Häftlinge des NS-Regimes verklagen Regierung

WARSCHAU. Polnische NS-Opfer wollen gegen die rot-grüne Bundesregierung und deutsche Konzerne vor Gericht ziehen, obwohl die Bundesregierung und etliche deutsche Konzerne eine Stiftung zur Entschädigung ehemaliger Zwangsarbeiter geplant haben. Mehr als 22.000 ehemalige NS-Häftlinge hätten beim Landgericht in Bonn Klage gegen die Bundesregierung eingereicht, sagte der Vorsitzende des polnischen Verbandes ehemaliger politischer Häftlinge in Nazi-Gefängnissen und Konzentrationslagern, Stefan Zdzislaw Kozlowski in Warschau. Die Ansprüche hierbei beliefen sich auf etwa zwei Milliarden Mark, sagte der ehemalige Stutthof-Häftling.
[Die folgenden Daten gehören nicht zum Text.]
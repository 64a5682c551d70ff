//! Types whose indices are below a bound (core specification, 3.2, recursive types).

ghost use Rattle.std.specs.Prelude.{◌≡◌, ◌↔◌, ◌+◌, ◌<◌, ◌^◌, map, length, All, IsTrue, IfSome};
ghost use Rattle.form_reader.specs.Views.{function_of, composite_of, sub_type_of};
ghost use Rattle.wasm_spec.specs.TypeData.{Func, heap_of, value_of, storage_of, field_of, group_edges};
ghost use Rattle.rule_spec.specs.Lists.{declared_from};
ghost use Rattle.rule_spec.specs.TypeRules.{IsBelow, HeapIsBelow, ValueIsBelow, KindIsBelow};
ghost use Rattle.form_types.specs.Below.{StorageIsBelow, FieldIsBelow, HasSupertypeBelow, NamesBelow};

use form_reader::{CompositeInnerType, FuncType, SubType};
use wasm_spec::{FieldType, HeapType, StorageType, UnpackedIndex, ValType};

/// Whether the index is below a bound.
pub fn is_below(bound: usize, index: &UnpackedIndex) -> bool
    ensures { IsTrue result ↔ IsBelow bound index.now }
{
    match index {
        UnpackedIndex::Module(index) => (*index as usize) < bound,
        UnpackedIndex::RecGroup(_) | UnpackedIndex::Id(_) => false,
    }
}

/// Whether the index in a heap type, if it has one, is below a bound.
#[tactic(auto, using(crate::proofs::PartsBelow::concrete_below, crate::proofs::PartsBelow::abstract_below))]
pub fn heap_is_below(bound: usize, heap: &HeapType) -> bool
    ensures { IsTrue result ↔ HeapIsBelow bound (heap_of heap.now) }
{
    match heap {
        HeapType::Concrete(index) => is_below(bound, index),
        HeapType::Abstract(_) => true,
    }
}

/// Whether the index in a value type, if it has one, is below a bound.
#[tactic(auto, using(crate::proofs::PartsBelow::ref_below, crate::proofs::PartsBelow::i32_below, crate::proofs::PartsBelow::i64_below, crate::proofs::PartsBelow::f32_below, crate::proofs::PartsBelow::f64_below, crate::proofs::PartsBelow::v128_below))]
pub fn value_is_below(bound: usize, ty: &ValType) -> bool
    ensures { IsTrue result ↔ ValueIsBelow bound (value_of ty.now) }
{
    match ty {
        ValType::Ref(reference) => heap_is_below(bound, &reference.heap),
        ValType::I32 | ValType::I64 | ValType::F32 | ValType::F64 | ValType::V128 => true,
    }
}

#[tactic(auto, using(crate::proofs::PartsBelow::val_below, crate::proofs::PartsBelow::i8_below, crate::proofs::PartsBelow::i16_below))]
fn storage_is_below(bound: usize, ty: &StorageType) -> bool
    ensures { IsTrue result ↔ StorageIsBelow bound (storage_of ty.now) }
{
    match ty {
        StorageType::Val(ty) => value_is_below(bound, ty),
        StorageType::I8 | StorageType::I16 => true,
    }
}

#[tactic(auto, using(crate::proofs::PartsBelow::field_below))]
fn field_is_below(bound: usize, field: &FieldType) -> bool
    ensures { IsTrue result ↔ FieldIsBelow bound (field_of field.now) }
{
    storage_is_below(bound, &field.element_type)
}

fn values_are_below(bound: usize, types: &[ValType]) -> bool
    ensures { IsTrue result ↔ All (ValueIsBelow bound) (map value_of types.now) }
{
    types.iter().all(|ty| value_is_below(bound, ty))
}

fn fields_are_below(bound: usize, fields: &[FieldType]) -> bool
    ensures { IsTrue result ↔ All (FieldIsBelow bound) (map field_of fields.now) }
{
    fields.iter().all(|field| field_is_below(bound, field))
}

#[tactic(auto, using(crate::proofs::PartsBelow::function_below))]
fn function_is_below(bound: usize, function: &FuncType) -> bool
    ensures { IsTrue result ↔ KindIsBelow bound (Func (function_of function.now)) }
{
    values_are_below(bound, &function.params) && values_are_below(bound, &function.results)
}

#[tactic(auto, using(crate::proofs::PartsBelow::array_below, crate::proofs::PartsBelow::struct_below, crate::proofs::PartsBelow::cont_below))]
fn kind_is_below(bound: usize, kind: &CompositeInnerType) -> bool
    ensures { IsTrue result ↔ KindIsBelow bound (composite_of kind.now) }
{
    match kind {
        CompositeInnerType::Func(function) => function_is_below(bound, function),
        CompositeInnerType::Array(field) => field_is_below(bound, field),
        CompositeInnerType::Struct(fields) => fields_are_below(bound, fields),
        CompositeInnerType::Cont(function) => is_below(bound, function),
    }
}

fn supertype_is_below(bound: usize, ty: &SubType) -> bool
    ensures { IsTrue result ↔ IfSome (sub_type_of ty.now).supertype (IsBelow bound) }
{
    match &ty.supertype {
        Some(index) => is_below(bound, index),
        None => true,
    }
}

/// Whether a type names only types before the end of its group, and has a supertype before itself.
pub fn names_below(end: usize, index: usize, ty: &SubType) -> bool
    ensures { IsTrue result ↔ NamesBelow (record { type = sub_type_of ty.now; index = index; group_end = end }) }
{
    kind_is_below(end, &ty.composite) && supertype_is_below(index, ty)
}

/// Whether the members of a group, the first with the index `start`, name only types before its
/// end, and have supertypes before themselves. `named` is what they name.
///
/// Most groups name no type, so what they name is asked rather than their lists of values.
pub fn members_name_below(start: usize, types: &[SubType], named: &[UnpackedIndex]) -> bool
    requires few { start + length types.now < 2 ^ 30 }
    requires named { named.now ≡ group_edges (λ i. i) (map sub_type_of types.now) }
    ensures { IsTrue result ↔ All NamesBelow (declared_from (start + length types.now) start (map sub_type_of types.now)) }
{
    let end = start + types.len();
    are_below(end, named) && supertypes_are_below(start, types)
}

fn are_below(bound: usize, named: &[UnpackedIndex]) -> bool
    ensures { IsTrue result ↔ All (IsBelow bound) named.now }
{
    named.iter().all(|index| is_below(bound, index))
}

/// Whether each member of a group, the first with the index `start`, has a supertype before itself, if any.
fn supertypes_are_below(start: usize, types: &[SubType]) -> bool
    requires { start + length types.now < 2 ^ 30 }
    ensures { IsTrue result ↔ All HasSupertypeBelow (declared_from (start + length types.now) start (map sub_type_of types.now)) }
{
    let mut index = start;
    let mut left = types;
    while let Some((first, others)) = left.split_first() {
        if !supertype_is_below(index, first) {
            return false;
        }
        index += 1;
        left = others;
    }
    true
}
Damit sollen Gesundheitsschäden und Eigentumsverluste abgegolten werden. Bis Mitte April seien auch Klagen gegen mehrere deutsche Unternehmen vorgesehen.

 

Südtirol: Freiheitskämpfer fordern Generalamnestie

NÜRNBERG. Die Kameradschaft der ehemaligen Südtiroler Freiheitskämpfer erinnert in diesen Tagen an die Nichterfüllung der italienischen Zusage von Kopenhagen aus dem Jahre 1969. In Kopenhagen hatten vor 30 Jahren der österreichische Außenminister Kurt Waldheim und sein italienischer Amtskollege Aldo Moro nach jahrelangen Unruhen und Befassung der UN mit dieser Frage zur Befriedung der Krisenregion Südtirol unter anderem vereinbart: Nach Abschluß des sogenannten "Südtirolpakets" erläßt Italien eine Amnestie für die ehemaligen Südtiroler Freiheitskämpfer. Denn gemäß seriöser, kompetenter Auffassung handelt es sich um Patrioten, welche in Notwehr gegen die von Italien in Südtirol verübten Verbrechen gegen die Menschlichkeit aktiven Widerstand geleistet haben. Dies wurde mit Mord, Folter, über 600 Jahren Haftstrafe und Ausweisungen geahndet. Nach wie vor können Südtiroler Freiheitskämpfer nicht in ihre angestammte Heimat reisen, ohne dort eingesperrt zu werden. Angeblich sei eine Generalamnestie im römischen Parlament wegen der starken nationalistischen Kräfte nicht durchsetzbar. Von seiten Italiens erfolgte lediglich 1993 die Aufhebung der internationalen Haftbefehle gesuchter Südtiroler Freiheitskämpfer und 1998 die Begnadigung weniger Aktivisten. Es ist ein politischer Brauch, nach Beilegung auch gewaltsam ausgetragener Konflikte Beteiligte beider Seiten zu amnestieren und damit straffrei zu stellen. In diesem Fall sind nicht nur Südtiroler Freiheitskämpfer betroffen, sondern auch italienische Polizisten, Soldaten, Justiz- und Geheimdienstangehörige, die in Morde und Folterungen verwickelt sind. Erhard Hartung, der 1. Sprecher der Kameradschaft, betont, daß die Südtiroler Freiheitskämpfer nicht um Gnade bitten, sondern lediglich ihr Recht einfordern. Es sei endlich an der Zeit, die Unrechtsurteile aufzuheben, die nach Gesetzen erfolgten, die noch aus dem faschistischen Strafgesetz stammten.